When the Japan–Korea Treaty of 1910 was signed, Kwon Jung Hyun was conferred the rank of First Class Viscount on October 16 and was listed among the Korean nobility. During the period of Japanese rule, he served as an advisor to the Central House of the Governor-General of Korea and an advisor to the Korean History Compilation Committee. In 1912, he received the Korea Annexation Commemorative Medal and was promoted to Senior Fifth Rank .
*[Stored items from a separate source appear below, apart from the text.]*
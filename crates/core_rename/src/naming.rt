//! New names for the names that occur.

ghost use Rattle.std.specs.Prelude.{◌≡◌, ℕ, List, IfOk, if◌then◌else◌};
ghost use Rattle.core_link_spec.specs.Occurrences.{is_among};

use crate::scope::Scope;
use std::alloc::{AllocError, Global};
use wgsl_base::Text;

/// Gives each name that occurs in a place a new one.
pub trait Naming {
    /// The new name of a name.
    ghost gives: { Self → List ℕ → List ℕ };

    fn new_name(&self, alloc: Global, name: &str) -> Result<Text, AllocError>
        ensures { IfOk result (λ new. new ≡ gives self.now name.now) };
}

/// A body's scope: a parameter's name stays.
#[derive(Clone, Copy)]
pub struct BodyNaming<'s, 'a, N> {
    pub outer: N,
    pub scope: &'s Scope<'a>,
}

impl<N: Naming> Naming for BodyNaming<'_, '_, N> {
    ghost gives = { λ n x. if is_among x n.scope.now then x else N.gives n.outer x };

    fn new_name(&self, alloc: Global, name: &str) -> Result<Text, AllocError> {
        if self.scope.hides(name) {
            return Text::from_str(alloc, name);
        }
        self.outer.new_name(alloc, name)
    }
}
In 1919, he submitted his resignation and resigned as an advisor to the Central House, but after that he requested the governor-general of Korea, Makoto Saitō, to return, and in 1925 he was appointed as an advisor to the Korean History Compilation Committee. He was reinstated as an advisor to the Central House during the period of Governor-General Hanzō Yamanashi.

==Legacy==
Gwon's legacy remains heavily controversial among the Korean populace as he was known as a collaborator with the Japanese forces. He was listed in the Korean History Compilation Committee's List of 708 Pro-Japanese Collaborators along with the other four Five Eulsa Traitors in 2002. He was also listed in the List of Pro-Japanese Groups by the Institute for Ethnic Issues in 2008 and in the List of 106 Pro-Japanese National Acts by the Pro-Japanese and Anti-National Behavior Truth Correction Committee. In 2007, the Investigative Commission on Pro-Japanese Collaborators' Property seized his property along with the property of his adopted son, Gwon Tae-hwan. In a survey conducted on the lineage of nobility in 1960, his grandson was working at an Antique Art Association.